┏━━

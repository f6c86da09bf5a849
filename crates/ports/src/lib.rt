// A device's ports: which are active, when each saw the frame, which device hangs on each; and the delays between them.
// Follows ethercrab's src/subdevice/ports.rs, by value; RULES, ports.
// Places 0, 1, 2, 3 hold ports 0, 3, 1, 2, the order in which a frame passes them. The place decides, whatever `number` a record holds.
#![tactic(auto)]

ghost use Rattle.std.specs.Prelude.{◌≡◌, Ok};
ghost use Rattle.refusal.specs.Said.{said, number_value};
ghost use Rattle.ports.specs.Ports.{fresh, times_set};
ghost use Rattle.ports.specs.Answers.{said_port, said_time, said_topology, said_text, entry_said, last_said, linked_said, topology_said};
ghost use Rattle.ports.specs.Delays.{total_said, total_from_said, time_to_said, intermediate_said};
ghost use Rattle.ports.specs.Assigning.{assigned_said, assigned_ports};
ghost use Rattle.ports.specs.Display.{display_said, display_buf};

use active::{count, entry_place, last_place, linked_place};
use assign::place_to_link;
use delay::{delay, gaps_before, narrowed, total_since, total_time};
use place::{fresh_port, linked_at, number_at, place_of};
use refusal::Refusal;
use text::{put_text, text_len};

mod active;
mod assign;
mod delay;
mod place;
mod text;

// One port of a device.
#[derive(Clone, Copy)]
pub struct Port {
    pub active: bool,
    // When the port saw the frame, by the device's clock, in nanoseconds.
    pub dc_receive_time: u32,
    // The EtherCAT port number, as `new` gives it.
    pub number: u8,
    pub downstream_to: Option<u16>,
}

// The ports 0, 3, 1, 2, in this order.
#[derive(Clone, Copy)]
pub struct Ports(pub [Port; 4]);

// How a device stands in the segment, by its count of active ports.
#[derive(Clone, Copy)]
pub enum Topology {
    // 1 active port: the last of its branch.
    LineEnd,
    // 2: one upstream, one downstream.
    Passthrough,
    // 3.
    Fork,
    // 4.
    Cross,
}

// The port that was linked, and the record after that.
#[derive(Clone, Copy)]
pub struct Assigned {
    pub answer: Result<Option<u8>, Refusal>,
    pub ports: Ports,
}

impl Ports {
    // The ports of a device, of which these are active; no times and no links.
    #[tactic(auto, unfolding(crate::specs::Ports::fresh))]
    pub fn new(active0: bool, active3: bool, active1: bool, active2: bool) -> Self
        ensures { result ≡ fresh active0 active3 active1 active2 }
    {
        Ports([
            fresh_port(active0, 0),
            fresh_port(active3, 3),
            fresh_port(active1, 1),
            fresh_port(active2, 2),
        ])
    }

    // The record with these receive times, in the order of places.
    #[tactic(auto, unfolding(crate::specs::Ports::times_set))]
    pub fn set_receive_times(
        mut self,
        time_p0: u32,
        time_p3: u32,
        time_p1: u32,
        time_p2: u32,
    ) -> Self
        ensures { result ≡ times_set self time_p0 time_p3 time_p1 time_p2 }
    {
        self.0[0].dc_receive_time = time_p0;
        self.0[1].dc_receive_time = time_p3;
        self.0[2].dc_receive_time = time_p1;
        self.0[3].dc_receive_time = time_p2;
        self
    }

    // The port that sees the frame first. Refuses 9 where no port is active.
    #[tactic(auto, unfolding(crate::specs::Answers::entry_said))]
    pub fn entry_port(self) -> Result<u8, Refusal>
        ensures { said number_value result ≡ entry_said self }
    {
        let k = entry_place(self).ok_or(Refusal::NoPort)?;
        Ok(number_at(k))
    }

    // The active port at the highest place, or none.
    #[tactic(auto, unfolding(crate::specs::Answers::last_said))]
    pub fn last_port(self) -> Option<u8>
        ensures { said_port (Ok result) ≡ last_said self }
    {
        last_place(self).map(number_at)
    }

    // How the device stands in the segment. Refuses 9 where no port is active.
    #[tactic(auto, unfolding(crate::specs::Answers::topology_said))]
    pub fn topology(self) -> Result<Topology, Refusal>
        ensures { said_topology result ≡ topology_said self }
    {
        match count(self) {
            0 => Err(Refusal::NoPort),
            1 => Ok(Topology::LineEnd),
            2 => Ok(Topology::Passthrough),
            3 => Ok(Topology::Fork),
            _ => Ok(Topology::Cross),
        }
    }

    // How long a frame takes through all active ports; none if 0 or none is active.
    #[tactic(auto, unfolding(crate::specs::Delays::total_said))]
    pub fn total_propagation_time(self) -> Option<u32>
        ensures { said_time (Ok result) ≡ total_said self }
    {
        delay(total_time(self))
    }

    // The longest time from the named entry port to an active port, on a clock that may turn over between; none if 0. Refuses 10, then 9 if it is inactive.
    #[tactic(auto, unfolding(crate::specs::Delays::total_from_said))]
    pub fn total_propagation_time_from(self, entry: u8) -> Result<Option<u32>, Refusal>
        ensures { said_time result ≡ total_from_said self entry }
    {
        let k = place_of(entry)?;
        if !self.0[k].active {
            return Err(Refusal::NoPort);
        }
        Ok(delay(total_since(self, k)))
    }

    // How long a frame takes through the active ports from the entry to this one; none if 0. Refuses 10, then 9.
    #[tactic(auto, using(crate::proofs::Laws::totals), unfolding(crate::specs::Delays::time_to_said))]
    pub fn propagation_time_to(self, port: u8) -> Result<Option<u32>, Refusal>
        ensures { said_time result ≡ time_to_said self port }
    {
        let to = place_of(port)?;
        let from = entry_place(self).ok_or(Refusal::NoPort)?;
        Ok(delay(total_time(narrowed(self, from, to))))
    }

    // The sum of the delays between neighbouring active ports before this one. Refuses 10, then 11 if it exceeds 32 bits.
    #[tactic(auto, unfolding(crate::specs::Delays::intermediate_said, crate::specs::Delays::sum_said))]
    pub fn intermediate_propagation_time_to(self, port: u8) -> Result<u32, Refusal>
        ensures { said number_value result ≡ intermediate_said self port }
    {
        let sum = gaps_before(self, place_of(port)?);
        u32::try_from(sum).map_err(|_| Refusal::Sum)
    }

    // Links a downstream device to the first active port after the entry, round, that has none; never to the entry. Refuses 14 for device 0, then 9.
    #[tactic(auto, using(crate::proofs::Linking::assigns_port), unfolding(crate::specs::Assigning::assigned_ports))]
    pub fn assign_next_downstream_port(self, downstream_subdevice_index: u16) -> Assigned
        ensures { (said_port result.answer ≡ assigned_said self downstream_subdevice_index) × (result.ports ≡ assigned_ports self downstream_subdevice_index) }
    {
        match place_to_link(self, downstream_subdevice_index) {
            Ok(Some(k)) => {
                Assigned {
                    answer: Ok(Some(number_at(k))),
                    ports: linked_at(self, k, downstream_subdevice_index),
                }
            }
            Ok(None) => {
                Assigned {
                    answer: Ok(None),
                    ports: self,
                }
            }
            Err(x) => {
                Assigned {
                    answer: Err(x),
                    ports: self,
                }
            }
        }
    }

    // The first active port that is linked to this device, or none. Refuses 14 for device 0.
    #[tactic(auto, unfolding(crate::specs::Answers::linked_said))]
    pub fn port_assigned_to(self, subdevice: u16) -> Result<Option<u8>, Refusal>
        ensures { said_port result ≡ linked_said self subdevice }
    {
        if subdevice == 0 {
            return Err(Refusal::BadArgument);
        }
        Ok(linked_place(self, subdevice).map(number_at))
    }

    // The text `ports [ open closed open closed ]`, a word for each place, into the front of the buffer. Refuses 14 if it is too short.
    #[tactic(auto, unfolding(crate::specs::Display::display_said, crate::specs::Display::display_buf))]
    pub fn display(self, buf: &mut [u8]) -> Result<usize, Refusal>
        ensures result_value { said_text result ≡ display_said self buf.old }
        ensures buf_after { buf.new ≡ display_buf self buf.old }
    {
        let n = text_len(self);
        if buf.len() < n {
            return Err(Refusal::BadArgument);
        }
        put_text(self, buf);
        Ok(n)
    }
}
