//! One pass of a script's patches over an image, from a source to two sinks. It holds at most as
//! many sectors as a patch may meet, so it allocates no memory, and a lack of memory is not among
//! its errors.

ghost use Rattle.std.specs.Prelude.{◌≡◌, ℕ, ◌+◌, ◌<◌, ◌≤◌, ◌∷◌, ◌++◌, [], false};
ghost use Rattle.std.specs.Prelude.{All, Bool, List, None, Some, OnOk, IfOk, IfSome, IfNone};
ghost use Rattle.std.specs.Prelude.{drop, if◌then◌else◌, length, take};
ghost use Rattle.std.specs.List.{slice_get, slice_index_or};
ghost use Rattle.cd_script.specs.Limits.{patch_limit};
ghost use Rattle.cd_script.specs.Patch.{IsPatch, IsPatchList};
ghost use Rattle.cd_script.specs.PatchForm.{Patch as ThePatch};
ghost use Rattle.cd_patch.specs.Blocks.{block_limit, blocks_met};
ghost use Rattle.cd_stream.specs.Stream.{CanCountFailure, Incoming, Outgoing};
ghost use Rattle.cd_stream.specs.Transfer.{Flushes};
ghost use Rattle.cd_sector.specs.Image.{sector_limit};
ghost use Rattle.cd_read.specs.Reading.{ReadsSector};
ghost use Rattle.cd_run.specs.declared.run.Ahead.{Ahead as TheAhead};
ghost use Rattle.cd_run.specs.Running.{IsRun};
ghost use Rattle.cd_run.specs.Steps.{MayDecide, WantsMore, machine_steps};
ghost use Rattle.cd_image.specs.Applying.{Applies, Streams, streams};
ghost use Rattle.cd_image.specs.Passing.{Advances, HoldsInvariant, HasNoStepLeft, Steps};

use crate::patch_log::{Tally, finish_log, send_counts, send_outcome};
use cd_patch::blocks_met;
use cd_read::{Fault, read_sector};
use cd_run::{Ahead, PatchRun, Step};
use cd_script::{Patch, lend};
use cd_sector::Sector;
use cd_stream::{Sink, SinkFailed, Source, write_all};

/// Proof step: reads the next sector of an image, after `count` others, into `hand[place]`, so that
/// a clause can say that the places before it are unchanged.
fn read_to<I: Source>(
    hand: &mut [Sector],
    place: u32,
    image: &mut I,
    count: u32,
) -> Result<Option<usize>, Fault>
    requires countable { CanCountFailure (I.seen image.old).failures }
    requires few { count ≤ sector_limit }
    requires within { place < length hand.old }
    ensures reads { ReadsSector count (slice_index_or hand.new place [])
        (I.seen image.old) (I.seen image.new) result }
    ensures size { length hand.new ≡ length hand.old }
    ensures others { take place hand.new ≡ take place hand.old }
{
    read_sector(image, count, &mut hand[place as usize])
}

/// Reads one more sector, or the tail.
fn read_next<I: Source>(run: &mut PatchRun, hand: &mut [Sector], image: &mut I) -> Result<(), Fault>
    requires countable { CanCountFailure (I.seen image.old).failures }
    requires sound { IsRun run.old }
    requires places { block_limit ≤ length hand.old }
    requires unread { run.old.stage ≡ 0 }
    requires room { run.old.held < block_limit }
    ensures sound { OnOk result (IsRun run.new) }
    ensures places { length hand.new ≡ length hand.old }
    ensures goes { (carry : Bool) (taken left : List ThePatch) (base : ℕ) (start : Streams)
        (out log : Outgoing)
        → WantsMore left run.old.block run.old.held
        → All (λ p. run.old.block ≤ p.block) left
        → HoldsInvariant carry taken left base start (streams (I.seen image.old) out log) run.old hand.old
        → Steps carry taken left taken left base start
        (streams (I.seen image.new) out log) run.new hand.new result }
    ensures decided { OnOk result (run.new.decided ≡ run.old.decided) }
    ensures applied { OnOk result (run.new.applied ≡ run.old.applied) }
    ensures nearer { OnOk result ((count : ℕ)
        → machine_steps count run.new < machine_steps count run.old) }
{
    match read_to(hand, run.held, image, run.sectors)? {
        None => run.took_sector(),
        Some(left) => run.took_end(left as u32),
    }
    Ok(())
}

/// Sends the first sector in hand.
fn write_front<O: Sink>(run: &mut PatchRun, hand: &mut [Sector], out: &mut O) -> Result<(), Fault>
    requires countable { CanCountFailure (O.seen out.old).failures }
    requires sound { IsRun run.old }
    requires places { block_limit ≤ length hand.old }
    requires some { 0 < run.old.held }
    requires small { run.old.block < 4294967295 }
    ensures sound { OnOk result (IsRun run.new) }
    ensures places { length hand.new ≡ length hand.old }
    ensures goes { (carry : Bool) (taken left : List ThePatch) (base : ℕ) (start : Streams)
        (image : Incoming) (log : Outgoing)
        → All (λ p. run.old.block < p.block) left
        → HoldsInvariant carry taken left base start (streams image (O.seen out.old) log) run.old hand.old
        → Steps carry taken left taken left base start
        (streams image (O.seen out.new) log) run.new hand.new result }
    ensures decided { OnOk result (run.new.decided ≡ run.old.decided) }
    ensures applied { OnOk result (run.new.applied ≡ run.old.applied) }
    ensures nearer { OnOk result ((count : ℕ)
        → machine_steps count run.new < machine_steps count run.old) }
{
    write_all(out, hand[0].bytes())?;
    run.sent_front(hand);
    Ok(())
}

/// Sends the tail.
fn write_tail<O: Sink>(run: &mut PatchRun, hand: &[Sector], out: &mut O) -> Result<(), Fault>
    requires countable { CanCountFailure (O.seen out.old).failures }
    requires sound { IsRun run.old }
    requires places { block_limit ≤ length hand.now }
    requires ended { run.old.stage ≡ 1 }
    requires empty { run.old.held ≡ 0 }
    ensures sound { OnOk result (IsRun run.new) }
    ensures goes { (carry : Bool) (taken left : List ThePatch) (base : ℕ) (start : Streams)
        (image : Incoming) (log : Outgoing)
        → HoldsInvariant carry taken left base start (streams image (O.seen out.old) log) run.old hand.now
        → Steps carry taken left taken left base start
        (streams image (O.seen out.new) log) run.new hand.now result }
    ensures decided { OnOk result (run.new.decided ≡ run.old.decided) }
    ensures applied { OnOk result (run.new.applied ≡ run.old.applied) }
    ensures nearer { OnOk result ((count : ℕ)
        → machine_steps count run.new < machine_steps count run.old) }
{
    write_all(out, run.tail_in(hand))?;
    run.sent_tail();
    Ok(())
}

/// Decides a patch and writes its line, before the sectors that it meets are sent.
fn decide_next<L: Sink>(
    run: &mut PatchRun,
    hand: &mut [Sector],
    patch: &Patch,
    carry: bool,
    log: &mut L,
) -> Result<(), Fault>
    requires countable { CanCountFailure (L.seen log.old).failures }
    requires sound { IsRun run.old }
    requires places { block_limit ≤ length hand.old }
    requires patch { IsPatch patch.now }
    requires few { run.old.decided < patch_limit }
    requires small { run.old.applied ≤ run.old.decided }
    ensures sound { OnOk result (IsRun run.new) }
    ensures places { length hand.new ≡ length hand.old }
    ensures goes { (taken left : List ThePatch) (base : ℕ) (start : Streams)
        (image : Incoming) (out : Outgoing)
        → MayDecide patch.now run.old.held run.old.block run.old.sectors run.old.stage
        → HoldsInvariant carry taken (patch.now ∷ left) base start
        (streams image out (L.seen log.old)) run.old hand.old
        → Steps carry taken (patch.now ∷ left) (taken ++ patch.now ∷ []) left base start
        (streams image out (L.seen log.new)) run.new hand.new result }
    ensures decided { OnOk result (run.new.decided ≡ run.old.decided + 1) }
    ensures applied { OnOk result (run.new.applied ≤ run.old.applied + 1) }
    ensures nearer { OnOk result ((count : ℕ) → run.old.decided < count
        → machine_steps count run.new < machine_steps count run.old) }
{
    let outcome = run.decide(hand, &lend(patch), carry);
    send_outcome(patch, outcome, log)?;
    Ok(())
}

/// Describes the next patch to a run whose front block is `block`. The number of blocks that the
/// patch meets is calculated only if it begins at that block; otherwise it is given as 1.
fn ahead(patch: Option<&Patch>, block: u32) -> Option<Ahead>
    requires { IfSome patch (λ p. IsPatch p.now) }
    ensures some { IfSome patch.entry (λ p. (a : TheAhead) × (result ≡ Some a)
        × (p.now.block ≡ a.block) × (p.now.block ≡ block → blocks_met p.now ≡ a.blocks_met)) }
    ensures none { IfNone patch.entry (result ≡ None) }
    ensures few { IfSome result (λ a. (0 < a.blocks_met) × (a.blocks_met ≤ block_limit)) }
{
    match patch {
        Some(patch) => Some(Ahead {
            block: patch.block,
            blocks_met: if patch.block == block {
                blocks_met(patch) as u32
            } else {
                1
            },
        }),
        None => None,
    }
}

/// The patch with index `place`, or `None` after the last patch.
fn patch_at(patches: &[Patch], place: u32) -> Option<&Patch>
    ensures some { IfSome result (λ p. slice_get patches.now place ≡ Some p.now) }
    ensures none { IfNone result (length patches.now ≤ place) }
{
    patches.get(place as usize)
}

/// Does the next step, and returns whether there was one. The byte after the millionth sector is
/// read before the patches that reach past that sector are decided; if there is such a byte, these
/// patches get no line.
pub(crate) fn advance<I: Source, O: Sink, L: Sink>(
    run: &mut PatchRun,
    hand: &mut [Sector],
    image: &mut I,
    patches: &[Patch],
    carry: bool,
    out: &mut O,
    log: &mut L,
) -> Result<bool, Fault>
    requires image_countable { CanCountFailure (I.seen image.old).failures }
    requires out_countable { CanCountFailure (O.seen out.old).failures }
    requires log_countable { CanCountFailure (L.seen log.old).failures }
    requires patches { IsPatchList patches.now }
    requires sound { IsRun run.old }
    requires places { block_limit ≤ length hand.old }
    requires small { run.old.block < 4294967295 }
    requires applied { run.old.applied ≤ run.old.decided }
    ensures sound { OnOk result (IsRun run.new) }
    ensures places { length hand.new ≡ length hand.old }
    ensures goes { (base : ℕ) (start : Streams)
        → HoldsInvariant carry (take run.old.decided patches.now)
        (drop run.old.decided patches.now)
        base start (streams (I.seen image.old) (O.seen out.old) (L.seen log.old)) run.old hand.old
        → Advances carry patches.now base start
        (streams (I.seen image.new) (O.seen out.new) (L.seen log.new)) run.new hand.new result }
    ensures known { OnOk result (run.old.decided ≤ length patches.now
        → run.new.decided ≤ length patches.now) }
    ensures applied { OnOk result (run.new.applied ≤ run.new.decided) }
    ensures done { IfOk result (λ more. more ≡ false → (base : ℕ) (start : Streams)
        → HoldsInvariant carry (take run.old.decided patches.now)
        (drop run.old.decided patches.now)
        base start (streams (I.seen image.old) (O.seen out.old) (L.seen log.old)) run.old hand.old
        → HasNoStepLeft (length patches.now) run.new) }
    ensures nearer { IfOk result (λ more.
        machine_steps (length patches.now) run.new + (if more then 1 else 0)
        ≤ machine_steps (length patches.now) run.old) }
{
    let patch = patch_at(patches, run.decided);
    match run.next(ahead(patch, run.block)) {
        Step::Copy(_) => read_next(run, hand, image)?,
        Step::Read => read_next(run, hand, image)?,
        Step::Decide => decide_next(run, hand, patch.unwrap(), carry, log)?,
        Step::Send => write_front(run, hand, out)?,
        Step::SendTail => write_tail(run, hand, out)?,
        Step::End => return Ok(false),
    }
    Ok(true)
}

/// Writes the last line of the log after the last step, and flushes both sinks.
pub(crate) fn close<O: Sink, L: Sink>(
    run: &PatchRun,
    hand: &[Sector],
    patches: &[Patch],
    out: &mut O,
    log: &mut L,
) -> Result<Tally, Fault>
    requires out_countable { CanCountFailure (O.seen out.old).failures }
    requires log_countable { CanCountFailure (L.seen log.old).failures }
    requires count { length patches.now ≤ patch_limit }
    requires sound { IsRun run.now }
    requires places { block_limit ≤ length hand.now }
    requires done { HasNoStepLeft (length patches.now) run.now }
    requires known { run.now.decided ≤ length patches.now }
    requires applied { run.now.applied ≤ run.now.decided }
    ensures { (carry : Bool) (base : ℕ) (start : Streams) (image : Incoming)
        → HoldsInvariant carry (take run.now.decided patches.now)
        (drop run.now.decided patches.now)
        base start (streams image (O.seen out.old) (L.seen log.old)) run.now hand.now
        → Applies carry patches.now base start
        (streams image (O.seen out.new) (L.seen log.new)) result }
{
    let tally = Tally {
        applied: run.applied,
        refused: patches.len() as u32 - run.applied,
        sectors: run.sectors,
        tail: run.tail_in(hand).len() as u16,
    };
    send_counts(tally.applied, tally.refused, log)?;
    finish_output(out)?;
    finish_log(log)?;
    Ok(tally)
}

/// Proof step: flushes the output. It is separate from `close`, so that a wrong flush is refused
/// here and not after a long search.
fn finish_output<O: Sink>(out: &mut O) -> Result<(), SinkFailed>
    requires { CanCountFailure (O.seen out.old).failures }
    ensures { Flushes (O.seen out.old) (O.seen out.new) result }
{
    out.finish()
}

┗━━

WORK REQUEST: Give the number of lines in the listing above that hold the string "Incoming", with nothing else.

EXERCISE OUTPUT: 5